• AIM OF THE TASK
In the data below, which lines hold "back"? Copy every one.

• RAW DATA

----------------

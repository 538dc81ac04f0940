//! Parts of ropes and replacements, against plain texts, and how full chunks are.
use crate::chance::step;
use crate::lent::lends;
use rope_chunks::{OutOfMemory, Rope};
use std::alloc::Global;

// Texts of 1 to 8 bytes, of characters of 1 to 4 bytes.
const PIECES: [&str; 8] = ["a", "é", "€", "😀", "b😀", "\r\n", "x\ny", "éé\n€"];

// More than a chunk, with characters of each length, empty rows and both kinds of ends of rows.
const MIXED: &str =
    "é😀\n\nThe quick brown fox jumps over the lazy dog, €20.\r\n\r\nÀ la 😀😀😀 carte\n\
                     a longest row in the middle, which is longer than every other row of the text é\n\
                     b\n€€€€€€€€€€€€€€€€€€€€€€€€€€€€€€\n😀";

// The rope of a text, unless it is long.
pub(crate) fn rope_of(alloc: Global, text: &str) -> Result<Rope, OutOfMemory> {
    if text.len() >= 1 << 30 {
        return Rope::new(alloc);
    }
    Rope::from_str(alloc, text)
}

// Whether the rope has this text.
pub(crate) fn has(alloc: Global, rope: &Rope, text: &str) -> Result<bool, OutOfMemory> {
    let own = rope.to_string(alloc)?;
    Ok(own.as_str() == text && rope.len() == text.len() as u64)
}

// Whether both agree on where they may be cut.
fn bounds_alike(rope: &Rope, text: &str, offset: usize) -> bool {
    rope.is_char_boundary(offset as u64) == text.is_char_boundary(offset)
}

// The part of a rope, where there is such a part, and else no text.
fn part_of(alloc: Global, rope: &Rope, start: u64, end: u64) -> Result<Rope, OutOfMemory> {
    if start > end || !rope.is_char_boundary(start) || !rope.is_char_boundary(end) {
        return Rope::new(alloc);
    }
    rope.slice(alloc, start, end)
}

// The same as a copy of its text.
fn copy_of(alloc: Global, rope: &Rope, start: u64, end: u64) -> Result<String, OutOfMemory> {
    if start > end || !rope.is_char_boundary(start) || !rope.is_char_boundary(end) {
        return Ok(String::new(alloc));
    }
    rope.text_of(alloc, start, end)
}

// The part of a text, where there is such a part, and else no text.
pub(crate) fn plain_part(text: &str, start: usize, end: usize) -> &str {
    if start <= end && text.is_char_boundary(start) && text.is_char_boundary(end) {
        return &text[start..end];
    }
    ""
}

// Whether the part of the rope is this text.
fn has_part(
    alloc: Global,
    rope: &Rope,
    (start, end): (usize, usize),
    text: &str,
) -> Result<bool, OutOfMemory> {
    let part = part_of(alloc, rope, start as u64, end as u64)?;
    has(alloc, &part, text)
}

// Whether it is that of the text, as a copy and as lent too, and both agree on where they may be cut.
fn cuts_alike(
    alloc: Global,
    rope: &Rope,
    text: &str,
    (start, end): (usize, usize),
) -> Result<bool, OutOfMemory> {
    let expected = plain_part(text, start, end);
    let copied = copy_of(alloc, rope, start as u64, end as u64)?.as_str() == expected;
    let lent = lends(alloc, rope, (start, end), expected)?;
    let bounds = bounds_alike(rope, text, start) & bounds_alike(rope, text, end);
    Ok(has_part(alloc, rope, (start, end), expected)? & copied & lent & bounds)
}

// Whether all parts that start at a place are alike, of several lengths.
fn cuts_alike_at(
    alloc: Global,
    rope: &Rope,
    text: &str,
    start: usize,
) -> Result<bool, OutOfMemory> {
    let mut alike = cuts_alike(alloc, rope, text, (start, text.len()))?;
    for size in [0, 1, 4, 127, 130] {
        alike = alike & cuts_alike(alloc, rope, text, (start, start.saturating_add(size)))?;
    }
    Ok(alike)
}

// The first place at which a part that starts there is not alike.
fn wrong_cut(alloc: Global, text: &str) -> Result<Option<usize>, OutOfMemory> {
    let rope = rope_of(alloc, text)?;
    for start in 0..text.len().saturating_add(2) {
        if !cuts_alike_at(alloc, &rope, text, start)? {
            return Ok(Some(start));
        }
    }
    Ok(None)
}

// The text of a part.
fn part(alloc: Global, text: &str, start: usize, end: usize) -> Result<String, OutOfMemory> {
    let rope = rope_of(alloc, text)?;
    part_of(alloc, &rope, start as u64, end as u64)?.to_string(alloc)
}

#[test]
fn parts_are_those_of_texts(rt: HostRuntime) -> Result<(), OutOfMemory> {
    assert!(rt;
        part(rt.alloc(), "a\nbc", 1, 3)?.as_str() == "\nb",
        "of a short text"
    );
    let wrong = wrong_cut(rt.alloc(), MIXED)?;
    assert!(rt; wrong.is_none(), "at {wrong:?}");
    Ok(())
}

// A text with a piece in the place of a range.
fn text_with(alloc: Global, parts: [&str; 3]) -> Result<String, OutOfMemory> {
    let mut new = String::new(alloc);
    for part in parts {
        new.push_str(part)?;
    }
    Ok(new)
}

// Replaces a range of a rope, where it may be.
fn replace(
    alloc: Global,
    rope: &mut Rope,
    start: u64,
    end: u64,
    piece: &str,
) -> Result<(), OutOfMemory> {
    if start <= end
        && rope.is_char_boundary(start)
        && rope.is_char_boundary(end)
        && rope.len() < 1 << 30
        && piece.len() < 1 << 20
    {
        rope.replace(alloc, start, end, piece)?;
    }
    Ok(())
}

// Replaces a range in a rope, where it may be, and returns the text that it should have then.
fn replace_both(
    alloc: Global,
    rope: &mut Rope,
    text: &str,
    (start, end): (usize, usize),
    piece: &str,
) -> Result<String, OutOfMemory> {
    if start > end || !text.is_char_boundary(start) || !text.is_char_boundary(end) {
        return String::from_str(alloc, text);
    }
    replace(alloc, rope, start as u64, end as u64, piece)?;
    text_with(alloc, [&text[..start], piece, &text[end..]])
}

// The range, of less than `most` bytes, and the piece that x draws.
fn draw(x: u64, len: usize, most: usize) -> ((usize, usize), &'static str) {
    let start = (x >> 20) as usize % len.saturating_add(1);
    let size = (x >> 8) as usize % most.max(1);
    let piece = PIECES[(x >> 40) as usize % 8];
    ((start, start.saturating_add(size).min(len)), piece)
}

// Replaces n ranges by chance, and returns whether the rope had the right text after each.
fn replaces_often(
    alloc: Global,
    rope: &mut Rope,
    n: u64,
    most: usize,
) -> Result<bool, OutOfMemory> {
    let mut text = rope.to_string(alloc)?;
    let mut alike = true;
    let mut x = most as u64;
    for _ in 0..n {
        x = step(x);
        let (range, piece) = draw(x, text.len(), most);
        text = replace_both(alloc, rope, text.as_str(), range, piece)?;
        alike = has(alloc, rope, text.as_str())? & alike;
    }
    Ok(alike)
}

// Replaces ranges of a rope in some runs while another shares its chunks, which keeps its text.
fn replaces_beside(
    alloc: Global,
    rope: &mut Rope,
    text: &str,
    runs: Runs,
) -> Result<bool, OutOfMemory> {
    let shared = rope.share()?;
    let alike = replaces_runs(alloc, rope, runs)?;
    Ok(has(alloc, &shared, text)? & alike)
}

fn replaces_shared(alloc: Global, text: &str, runs: Runs) -> Result<bool, OutOfMemory> {
    let mut rope = rope_of(alloc, text)?;
    replaces_beside(alloc, &mut rope, text, runs)
}

fn replaces_runs(alloc: Global, rope: &mut Rope, runs: Runs) -> Result<bool, OutOfMemory> {
    let mut alike = true;
    for &(n, most) in runs {
        alike = replaces_often(alloc, rope, n, most)? & alike;
    }
    Ok(alike)
}

// How many ranges are replaced, and the bytes of which each has less.
type Runs = &'static [(u64, usize)];

const REPLACED: &[(&str, Runs)] = &[(MIXED, &[(400, 9), (200, 300)]), ("", &[(100, 20)])];

#[test]
fn replacements_are_those_of_texts(rt: HostRuntime) -> Result<(), OutOfMemory> {
    for &(text, runs) in REPLACED {
        assert!(rt; replaces_shared(rt.alloc(), text, runs)?, "{runs:?}");
    }
    Ok(())
}

fn count(rope: &Rope) -> u64 {
    let mut chunks = 0u64;
    for _ in rope.chunks() {
        chunks = chunks.wrapping_add(1);
    }
    chunks
}

// Whether a rope of n bytes has at most n / 62 + 2 chunks.
fn is_filled(rope: &Rope) -> bool {
    count(rope) <= (rope.len() / 62).saturating_add(2)
}

// Puts a piece after a rope by a push.
fn push_to(alloc: Global, rope: &mut Rope, piece: &str) -> Result<(), OutOfMemory> {
    if rope.len() < 1 << 30 && piece.len() < 1 << 20 {
        return rope.push_str(alloc, piece);
    }
    Ok(())
}

// The same by the rope of the piece.
fn join_to(alloc: Global, rope: &mut Rope, piece: &str) -> Result<(), OutOfMemory> {
    let back = rope_of(alloc, piece)?;
    if rope.len() < 1 << 30 && back.len() < 1 << 30 {
        return rope.append(alloc, back);
    }
    Ok(())
}

// How a rope gets its text: piece by piece, or at once.
#[derive(Clone, Copy, Debug)]
enum Growth {
    Pushes,
    Joins,
    Once,
}

// Puts n texts of 1 to 5 bytes, drawn by chance, after a rope.
fn grow(alloc: Global, rope: &mut Rope, growth: Growth, n: u64) -> Result<(), OutOfMemory> {
    let mut x = 1u64;
    for _ in 0..n {
        x = step(x);
        let piece = PIECES[(x >> 40) as usize % 5];
        match growth {
            Growth::Pushes => push_to(alloc, rope, piece)?,
            _ => join_to(alloc, rope, piece)?,
        }
    }
    Ok(())
}

// The text of n such pieces.
fn grown_text(alloc: Global, n: u64) -> Result<String, OutOfMemory> {
    let mut text = String::new(alloc);
    let mut x = 1u64;
    for _ in 0..n {
        x = step(x);
        text.push_str(PIECES[(x >> 40) as usize % 5])?;
    }
    Ok(text)
}

fn grown(alloc: Global, growth: Growth, n: u64, text: &str) -> Result<Rope, OutOfMemory> {
    let mut rope = Rope::new(alloc)?;
    match growth {
        Growth::Once => rope = rope_of(alloc, text)?,
        _ => grow(alloc, &mut rope, growth, n)?,
    }
    Ok(rope)
}

// Whether the rope of n pieces has their text, in chunks that are filled, and more bytes than the least.
fn is_filled_with(
    alloc: Global,
    growth: Growth,
    n: u64,
    least: usize,
) -> Result<bool, OutOfMemory> {
    let text = grown_text(alloc, n)?;
    let rope = grown(alloc, growth, n, text.as_str())?;
    Ok(has(alloc, &rope, text.as_str())? & is_filled(&rope) & (text.len() > least))
}

const GROWTHS: &[Growth] = &[Growth::Pushes, Growth::Joins, Growth::Once];

#[test]
fn chunks_stay_filled(rt: HostRuntime) -> Result<(), OutOfMemory> {
    for &growth in GROWTHS {
        assert!(rt;
            is_filled_with(rt.alloc(), growth, 100_000, 200_000)?,
            "{growth:?}"
        );
    }
    Ok(())
}
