//! The masks of chunks, by rows that were counted outside.
use rope_chunks::{Chunk, Masks};

const ROW: &str =
    "abcdefghijklmnopqrstuvwxyzabcdefghijklmnopqrstuvwxyzabcdefghijklmnopqrstuvwxyzabcdefghijklmnopqrstuvwxyzabcdefghijklmnopqrstuvw\n";

const WIDE: &str = "😀😀😀😀😀😀😀😀😀😀😀😀😀😀😀😀😀😀😀😀😀😀😀😀😀😀😀😀😀😀😀😀";

const EVERY_FOURTH: u128 = 0x11111111_11111111_11111111_11111111;

// A text, with the masks of its starts of characters, of its characters of four bytes, and of its LFs.
const ROWS: &[(&str, u128, u128, u128)] = &[
    ("", 0, 0, 0),
    ("a", 1, 0, 0),
    ("\n\n", 3, 0, 3),
    ("é😀\n", 69, 4, 64),
    ("0123456789abcde\n", 0xffff, 0, 0x8000),
    ("0123456789abcdef\nx", 0x3ffff, 0, 0x10000),
    ("0123456789abcd€\n😀", 0x67fff, 0x40000, 0x20000),
    (ROW, u128::MAX, 0, 1 << 127),
    (WIDE, EVERY_FOURTH, EVERY_FOURTH, 0),
];

// The masks of the chunk of a text, where that fits one.
fn masks_of(text: &str) -> Option<Masks> {
    if text.len() > 128 {
        return None;
    }
    let chunk = Chunk::new(text);
    Some(chunk.masks())
}

#[test]
fn masks_mark_bytes(rt: HostRuntime) {
    for &(text, starts, wide, newlines) in ROWS {
        let expected = Masks {
            starts,
            wide,
            newlines,
        };
        assert!(rt; masks_of(text) == Some(expected), "of {text:?}");
    }
}
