//! What ropes lend of ranges, against the same ranges of plain texts.
use crate::chance::step;
use crate::parts::{plain_part, rope_of};
use rope_chunks::{OutOfMemory, Rope};
use std::alloc::Global;

// Texts of one character, or a mixed piece, many times over. What comes first moves the characters against the ends of chunks:
// a chunk of 128 bytes ends inside none, or is 1, 2 or 3 bytes short.
const TEXTS: &[(&str, &str)] = &[
    ("", ""),
    ("", "é"),
    ("a", "é"),
    ("", "€"),
    ("a", "€"),
    ("", "😀"),
    ("a", "😀"),
    ("éa", "😀"),
    ("", "éa😀\r\n€"),
];

// How often the piece stands in a text, so that the chunks need many leaves; how many ranges are lent, and the bytes of which
// each has less.
const TIMES: u64 = 1500;

const RANGES: &[(u64, usize)] = &[(100, 9), (100, 300), (50, 20_000)];

// Whether what a rope lends of a range is this text, and each piece of it has 1 to 128 bytes. A range that does not begin and end
// at positions has no text.
pub(crate) fn lends(
    alloc: Global,
    rope: &Rope,
    (start, end): (usize, usize),
    text: &str,
) -> Result<bool, OutOfMemory> {
    let (start, end) = (start as u64, end as u64);
    if start > end || !rope.is_char_boundary(start) || !rope.is_char_boundary(end) {
        return Ok(text.is_empty());
    }
    let mut lent = String::new(alloc);
    let mut sized = true;
    for piece in rope.chunks_in(start, end) {
        sized = sized & !piece.is_empty() & (piece.len() <= 128);
        lent.push_str(piece)?;
    }
    Ok(sized & (lent.as_str() == text))
}

// A text before n times a piece.
fn repeated(alloc: Global, first: &str, piece: &str, n: u64) -> Result<String, OutOfMemory> {
    let mut text = String::from_str(alloc, first)?;
    for _ in 0..n {
        text.push_str(piece)?;
    }
    Ok(text)
}

// The last position of a text at or before an offset.
fn position_at(text: &str, offset: usize) -> usize {
    for back in 0..4 {
        let place = offset.saturating_sub(back);
        if text.is_char_boundary(place) {
            return place;
        }
    }
    0
}

// The range, of less than `most` bytes, that x draws.
fn draw(x: u64, text: &str, most: usize) -> (usize, usize) {
    let start = (x >> 20) as usize % text.len().saturating_add(1);
    let size = (x >> 8) as usize % most.max(1);
    let end = start.saturating_add(size).min(text.len());
    (position_at(text, start), position_at(text, end))
}

// Lends n ranges by chance, and returns how many were not those of the text.
fn wrongly_lent(
    alloc: Global,
    rope: &Rope,
    text: &str,
    n: u64,
    most: usize,
) -> Result<u64, OutOfMemory> {
    let mut wrong = 0u64;
    let mut x = most as u64;
    for _ in 0..n {
        x = step(x);
        let range = draw(x, text, most);
        if !lends(alloc, rope, range, plain_part(text, range.0, range.1))? {
            wrong = wrong.wrapping_add(1);
        }
    }
    Ok(wrong)
}

// The same in the rope of a text, with ranges of several sizes.
fn wrongly_lent_of(alloc: Global, first: &str, piece: &str) -> Result<u64, OutOfMemory> {
    let text = repeated(alloc, first, piece, TIMES)?;
    let rope = rope_of(alloc, text.as_str())?;
    let mut wrong = 0u64;
    for &(n, most) in RANGES {
        wrong = wrong.wrapping_add(wrongly_lent(alloc, &rope, text.as_str(), n, most)?);
    }
    Ok(wrong)
}

#[test]
fn lent_ranges_are_those_of_texts(rt: HostRuntime) -> Result<(), OutOfMemory> {
    for &(first, piece) in TEXTS {
        assert!(rt;
            wrongly_lent_of(rt.alloc(), first, piece)? == 0,
            "{first:?} before {piece:?}"
        );
    }
    Ok(())
}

----------------

• FINAL ANSWER
    let back = rope_of(alloc, piece)?;
    if rope.len() < 1 << 30 && back.len() < 1 << 30 {
        return rope.append(alloc, back);
    for back in 0..4 {
        let place = offset.saturating_sub(back);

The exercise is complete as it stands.